■ How to complete this task
Copy exactly, please, each line of the data below until the line that contains "use crate::state::Line;" has been copied, beginning at the top.

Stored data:
-------
// One byte.
ghost use Rattle.std.specs.Prelude.{◌≡◌};
ghost use Rattle.line.specs.Symbols.{symbol_of};
ghost use Rattle.line.specs.Rules.{move};
ghost use Rattle.line.specs.Steps.{heard_of, ended_of, reacted, Stepped};

use crate::rules::{Move, Phase};
use crate::state::Line;
use crate::{Heard, Notice, frames, rules};
use groups::Refusal;

// What a byte did: the line afterwards, and what it gave.
#[derive(Clone, Copy)]
pub struct Reaction {
    pub line: Line,
    pub heard: Heard,
}

// What a group that is complete gives.
#[tactic(auto, unfolding(crate::specs::Steps::heard_of, characters::specs::Answers::pick))]
fn judged(mode: u8, damaged: bool, overlong: bool, content: &[u8]) -> Heard
    ensures { result ≡ heard_of mode damaged overlong content.now }
{
    if damaged {
        return Heard::Told(Notice::GroupDamaged);
    }
    if overlong {
        return Heard::Told(Notice::GroupRefused(Refusal::TooLong, 0));
    }
    match groups::judge(mode, content) {
        Ok(fields) => Heard::Accepted(fields),
        Err(fault) => Heard::Told(Notice::GroupRefused(fault.refusal, fault.place as u8)),
    }
}

// What a byte does. Almost every row of characters ends with the CR of its group, so that is looked for first.
fn move_of(phase: Phase, byte: u8) -> Move
    ensures { result ≡ move phase (symbol_of byte) }
{
    if byte == characters::wire_byte(characters::CR) {
        if let Phase::Group(flaw, damaged, overlong) = phase {
            return Move::Judges(flaw, damaged, overlong);
        }
    }
    rules::moved(phase, rules::symbol_of(byte))
}

// The frame goes on behind a group; one that is not accepted leaves it flawed.
fn ended(line: Line, flaw: bool, heard: Heard) -> Reaction
    ensures { (content : _) → Stepped (ended_of line.mode line.frame flaw heard content) result content }
{
    let flawed = flaw | !matches!(heard, Heard::Accepted(_));
    Reaction {
        line: line.turned(Phase::Frame(flawed), 0),
        heard,
    }
}

// What a byte does to a line; the number of its frame is then the one after the byte.
#[tactic(auto, unfolding(characters::specs::Answers::pick))]
pub(crate) fn step(mut line: Line, content: &mut [u8; 128], byte: u8) -> Reaction
    ensures { Stepped (reacted line content.old byte) result content.new }
{
    line.frame = frames::after(line.frame, byte);
    let held = line.held;
    match move_of(line.phase, byte) {
        Move::Quiet(phase) => quiet(line.turned(phase, held)),
        Move::Opens(flaw) => quiet(line.turned(Phase::Group(flaw, false, false), 0)),
        Move::Says(phase, notice) => Reaction {
            line: line.turned(phase, 0),
            heard: Heard::Told(notice),
        },
        Move::Adds(flaw, damaged, overlong, code) => {
            if held < 128 {
                content[held as usize] = code;
                quiet(line.turned(Phase::Group(flaw, damaged, overlong), held + 1))
            } else {
                quiet(line.turned(Phase::Group(flaw, damaged, true), held))
            }
        }
        Move::Judges(flaw, damaged, overlong) => {
            let text = &content[..held as usize];
            ended(line, flaw, judged(line.mode, damaged, overlong, text))
        }
    }
}

fn quiet(line: Line) -> Reaction
    ensures { result ≡ record { line = line; heard = Heard.Nothing } }
{
    Reaction {
        line,
        heard: Heard::Nothing,
    }
}
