// The number of a line's frame (document 02, M-108).
ghost use Rattle.std.specs.Prelude.{◌≡◌};
ghost use Rattle.characters.specs.Wire.{STX};
ghost use Rattle.line.specs.Symbols.{symbol_of};
ghost use Rattle.line.specs.ByBytes.{is};
ghost use Rattle.line.specs.FrameNumbers.{frame_at};

// Whether a byte is a sound STX. Its wire byte is looked for, since no other byte is one.
pub(crate) fn is_stx(byte: u8) -> bool
    ensures { result ≡ is STX byte }
{
    byte == characters::wire_byte(characters::STX)
}

// The number after a byte: one more at an STX, and 65,535 is followed by 0.
pub(crate) fn after(frame: u16, byte: u8) -> u16
    ensures { result ≡ frame_at frame (symbol_of byte) }
{
    if is_stx(byte) {
        return frame.wrapping_add(1);
    }
    frame
}
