// The numbers that a line keeps, and what they stand for.
ghost use Rattle.std.specs.Prelude.{◌≡◌, ◌≤◌};

use crate::LineState;
use crate::rules::Phase;

// A line as its numbers are read. From byte to byte it is kept so, and not as its numbers: to write them in between and to
// read them again costs more than to take a byte.
#[derive(Clone, Copy)]
pub struct Line {
    // The caller's number, known or not: each has its answer, so it is no `Mode` here.
    pub mode: u8,
    pub frame: u16,
    pub phase: Phase,
    // How many characters the group holds; outside of groups it counts for nothing.
    pub held: u16,
    ghost room: { held ≤ 128 },
}

impl Line {
    ghost use Rattle.line.specs.State.{IsLine};

    // The same line in another phase, with so many characters of content.
    pub(crate) fn turned(self, phase: Phase, held: u16) -> Line
        requires { held ≤ 128 }
        ensures { IsLine self.mode self.frame phase held result }
    {
        Line {
            mode: self.mode,
            frame: self.frame,
            phase,
            held,
        }
    }
}

impl LineState {
    ghost use Rattle.line.specs.State.{phase_of};

    // Where the line is. A number that no call makes is read as one that a call makes.
    #[tactic(auto, unfolding(crate::specs::State::phase_of, characters::specs::Answers::pick))]
    fn phase(self) -> Phase
        ensures { result ≡ phase_of self }
    {
        match self.phase {
            1 => Phase::Frame(self.flaw != 0),
            2 => Phase::Group(self.flaw != 0, self.damaged != 0, self.overlong != 0),
            _ => Phase::Outside,
        }
    }
}

impl From<LineState> for Line {
    ghost use Rattle.line.specs.State.{IsRead};

    ghost from_gives = { IsRead };

    #[tactic(auto, unfolding(crate::specs::State::held_in))]
    fn from(state: LineState) -> Line {
        Line {
            mode: state.mode,
            frame: state.frame,
            phase: state.phase(),
            held: state.length.min(128),
        }
    }
}

// Only a group has marks and content.
impl From<Line> for LineState {
    ghost use Rattle.line.specs.State.{written};

    ghost from_gives = { λ line state. state ≡ written line };

    fn from(line: Line) -> LineState {
        let (phase, flaw, damaged, overlong, length) = match line.phase {
            Phase::Outside => (0, false, false, false, 0),
            Phase::Frame(flaw) => (1, flaw, false, false, 0),
            Phase::Group(flaw, damaged, overlong) => (2, flaw, damaged, overlong, line.held),
        };
        LineState {
            mode: line.mode,
            phase,
            flaw: flaw as u8,
            damaged: damaged as u8,
            overlong: overlong as u8,
            length,
            frame: line.frame,
        }
    }
}
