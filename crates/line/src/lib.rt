// One line: bytes to answers.
//
// What a line keeps is a small struct of numbers, which goes in and comes back by value, and beside it the 128 bytes of
// its group's content, which the caller lends. Only `feed` takes bytes: those that give no answer in a row where it can,
// and every other one by `step`.
#![tactic(auto)]

mod frames;
mod rows;
mod rules;
mod state;
mod step;

ghost use Rattle.std.specs.Prelude.{◌≡◌};
ghost use Rattle.line.specs.Numbers.{number_of, number_of_notice, place_of, place_of_notice, number_of_opening};
ghost use Rattle.line.specs.State.{opening_of};
ghost use Rattle.line.specs.Steps.{Fed, fed};

use groups::{Fields, Refusal};
use rules::Phase;
use state::Line;

// What a line keeps, beside the bytes of its content. No call makes other values than those that `state` writes, and
// every other value is read as one of them. It stays numbers, and no enum with its marks: C keeps it (include/espandim.h), and
// `feed` takes every value of it.
#[repr(C)]
#[derive(Clone, Copy)]
pub struct LineState {
    pub mode: u8,
    pub phase: u8,
    pub flaw: u8,
    pub damaged: u8,
    pub overlong: u8,
    pub length: u16,
    pub frame: u16,
}

// What a line tells of its frames and groups, an accepted group apart. A refused group comes with the place in its content
// that judging tells (M-104).
#[derive(Clone, Copy, PartialEq, Eq)]
pub enum Notice {
    FrameSound,
    FrameFlawed,
    FrameInterrupted,
    FrameRestarted,
    GroupRestarted,
    GroupDamaged,
    GroupRefused(Refusal, u8),
}

// What a byte gave: no answer, an accepted group, whose fields stand in the lent content, or a notice. Three cases of its own,
// and no Option of a Result: most notices are no errors.
#[derive(Clone, Copy)]
pub enum Heard {
    Nothing,
    Accepted(Fields),
    Told(Notice),
}

// What became of a stretch of bytes: the line afterwards, how many bytes it took, and the answer that ended it, if any. The
// number of the answer's frame is the one that the line has afterwards (M-108).
#[derive(Clone, Copy)]
pub struct Taken {
    pub line: LineState,
    pub count: usize,
    pub heard: Heard,
}

// A line of this mode, outside of every frame, of which none came yet; none where the mode is not known.
#[tactic(auto, unfolding(crate::specs::State::opening_of, characters::specs::Answers::pick))]
pub fn open(mode: u8) -> Option<LineState>
    ensures { result ≡ opening_of mode }
{
    if !groups::is_mode(mode) {
        return None;
    }
    Some(LineState::from(Line {
        mode,
        frame: 0,
        phase: Phase::Outside,
        held: 0,
    }))
}

// Takes bytes from the front, up to one that gives an answer. The content is lent beside the line and is no part of it: in C it
// lies in the caller's memory (include/espandim.h).
pub fn feed(line: LineState, content: &mut [u8; 128], bytes: &[u8]) -> Taken
    ensures { Fed (fed 0 line content.old bytes.now) result content.new }
{
    if bytes.is_empty() {
        return Taken {
            line,
            count: 0,
            heard: Heard::Nothing,
        };
    }
    let mut at = Line::from(line);
    let mut rest = bytes;
    while !rest.is_empty() {
        let row = rows::take_row(at, content, rest);
        let Some((&byte, behind)) = rest[row.count..].split_first() else {
            return Taken {
                line: LineState::from(row.line),
                count: bytes.len(),
                heard: Heard::Nothing,
            };
        };
        let reaction = step::step(row.line, content, byte);
        match reaction.heard {
            Heard::Nothing => {
                at = reaction.line;
                rest = behind;
            }
            heard => {
                return Taken {
                    line: LineState::from(reaction.line),
                    count: bytes.len() - behind.len(),
                    heard,
                };
            }
        }
    }
    Taken {
        line: LineState::from(at),
        count: bytes.len(),
        heard: Heard::Nothing,
    }
}

// Document 01's number of what was heard; 0 is no answer.
pub fn number_of(heard: Heard) -> u8
    ensures { result ≡ number_of heard }
{
    match heard {
        Heard::Nothing => 0,
        Heard::Accepted(_) => 1,
        Heard::Told(notice) => number_of_notice(notice),
    }
}

// The place that comes with what was heard: that of a refused group, and 0 where there is none.
pub fn place_of(heard: Heard) -> u8
    ensures { result ≡ place_of heard }
{
    match heard {
        Heard::Told(notice) => place_of_notice(notice),
        _ => 0,
    }
}

// Document 01's number of an opening.
pub fn number_of_opening(opening: Option<LineState>) -> u8
    ensures { result ≡ number_of_opening opening }
{
    match opening {
        Some(_) => 0,
        None => 19,
    }
}

// By a match, and no discriminants: a refused group has fields.
fn number_of_notice(notice: Notice) -> u8
    ensures { result ≡ number_of_notice notice }
{
    match notice {
        Notice::FrameSound => 2,
        Notice::FrameFlawed => 3,
        Notice::FrameInterrupted => 4,
        Notice::FrameRestarted => 5,
        Notice::GroupRestarted => 6,
        Notice::GroupDamaged => 7,
        Notice::GroupRefused(refusal, _) => groups::refusal_number(refusal),
    }
}

fn place_of_notice(notice: Notice) -> u8
    ensures { result ≡ place_of_notice notice }
{
    match notice {
        Notice::GroupRefused(_, place) => place,
        _ => 0,
    }
}
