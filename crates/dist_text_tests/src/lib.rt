//! Values that are read from text: versions, relations, and the stanzas of control texts. Tests alone.
#![tactic(auto)]

#[cfg(test)]
use std::process::Abort;

#[cfg(test)]
mod control_texts;
#[cfg(test)]
mod relations;
#[cfg(test)]
mod versions;

/// Ends the run where a row is wrong, and tells it.
#[cfg(test)]
fn hold(rt: &impl Abort, wrong: Option<&str>) {
    if let Some(row) = wrong {
        assert!(rt; false, "{row}");
    }
}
-------
■ Solution for this exercise
// One byte.
ghost use Rattle.std.specs.Prelude.{◌≡◌};
ghost use Rattle.line.specs.Symbols.{symbol_of};
ghost use Rattle.line.specs.Rules.{move};
ghost use Rattle.line.specs.Steps.{heard_of, ended_of, reacted, Stepped};

use crate::rules::{Move, Phase};
use crate::state::Line;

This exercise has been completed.